# PROBLEM DETAILS
Within the entries that follow, show each line where the word "ContentChange" occurs.

# EXERCISE DATA

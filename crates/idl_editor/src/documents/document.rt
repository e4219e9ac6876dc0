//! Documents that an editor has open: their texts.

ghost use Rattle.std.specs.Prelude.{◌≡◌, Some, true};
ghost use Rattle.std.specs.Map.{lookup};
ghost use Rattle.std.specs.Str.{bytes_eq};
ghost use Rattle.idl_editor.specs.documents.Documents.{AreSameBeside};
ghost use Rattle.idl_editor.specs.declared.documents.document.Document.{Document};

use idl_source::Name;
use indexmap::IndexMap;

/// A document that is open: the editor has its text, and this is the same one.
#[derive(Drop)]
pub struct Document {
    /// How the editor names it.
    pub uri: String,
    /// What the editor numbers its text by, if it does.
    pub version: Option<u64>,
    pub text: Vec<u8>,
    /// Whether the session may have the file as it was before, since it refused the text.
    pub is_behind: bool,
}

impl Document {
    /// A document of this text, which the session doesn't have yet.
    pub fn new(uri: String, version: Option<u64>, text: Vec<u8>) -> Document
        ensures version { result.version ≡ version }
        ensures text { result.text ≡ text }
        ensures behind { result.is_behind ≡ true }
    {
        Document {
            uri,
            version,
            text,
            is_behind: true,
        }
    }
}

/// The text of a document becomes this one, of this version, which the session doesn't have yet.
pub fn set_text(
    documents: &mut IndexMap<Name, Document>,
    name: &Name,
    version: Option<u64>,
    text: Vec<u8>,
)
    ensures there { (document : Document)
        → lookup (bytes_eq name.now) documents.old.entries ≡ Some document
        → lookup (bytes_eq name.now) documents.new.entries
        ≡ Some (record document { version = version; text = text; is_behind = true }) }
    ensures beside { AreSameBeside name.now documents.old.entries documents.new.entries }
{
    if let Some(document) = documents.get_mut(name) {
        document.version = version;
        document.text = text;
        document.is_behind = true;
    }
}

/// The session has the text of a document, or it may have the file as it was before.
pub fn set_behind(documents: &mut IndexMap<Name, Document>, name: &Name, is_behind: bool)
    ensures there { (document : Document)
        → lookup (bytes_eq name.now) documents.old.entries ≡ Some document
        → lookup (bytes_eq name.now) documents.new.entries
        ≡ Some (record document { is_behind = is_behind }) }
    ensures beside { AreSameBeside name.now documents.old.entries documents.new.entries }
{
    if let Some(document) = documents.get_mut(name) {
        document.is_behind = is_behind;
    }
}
--
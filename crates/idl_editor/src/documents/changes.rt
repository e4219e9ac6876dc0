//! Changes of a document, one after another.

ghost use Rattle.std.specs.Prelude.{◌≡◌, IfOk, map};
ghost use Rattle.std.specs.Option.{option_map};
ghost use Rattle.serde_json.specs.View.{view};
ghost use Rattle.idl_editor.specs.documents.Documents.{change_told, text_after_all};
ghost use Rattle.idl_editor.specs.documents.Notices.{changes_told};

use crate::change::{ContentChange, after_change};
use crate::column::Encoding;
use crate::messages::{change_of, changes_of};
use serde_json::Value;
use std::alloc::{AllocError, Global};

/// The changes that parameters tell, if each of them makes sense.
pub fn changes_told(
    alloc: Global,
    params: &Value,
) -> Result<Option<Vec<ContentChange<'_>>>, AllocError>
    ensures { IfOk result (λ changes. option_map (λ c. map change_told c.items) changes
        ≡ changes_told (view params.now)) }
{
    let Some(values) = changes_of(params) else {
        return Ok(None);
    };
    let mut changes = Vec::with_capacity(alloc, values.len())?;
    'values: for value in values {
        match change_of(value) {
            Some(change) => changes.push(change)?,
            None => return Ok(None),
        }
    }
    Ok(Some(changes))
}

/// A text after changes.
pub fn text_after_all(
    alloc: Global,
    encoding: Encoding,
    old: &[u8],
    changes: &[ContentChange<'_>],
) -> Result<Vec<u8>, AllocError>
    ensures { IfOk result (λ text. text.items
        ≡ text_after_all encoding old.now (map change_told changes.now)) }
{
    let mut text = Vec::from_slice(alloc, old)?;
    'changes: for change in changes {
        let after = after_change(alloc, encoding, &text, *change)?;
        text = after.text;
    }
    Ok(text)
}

# SOLUTION
use crate::change::{ContentChange, after_change};
) -> Result<Option<Vec<ContentChange<'_>>>, AllocError>
    changes: &[ContentChange<'_>],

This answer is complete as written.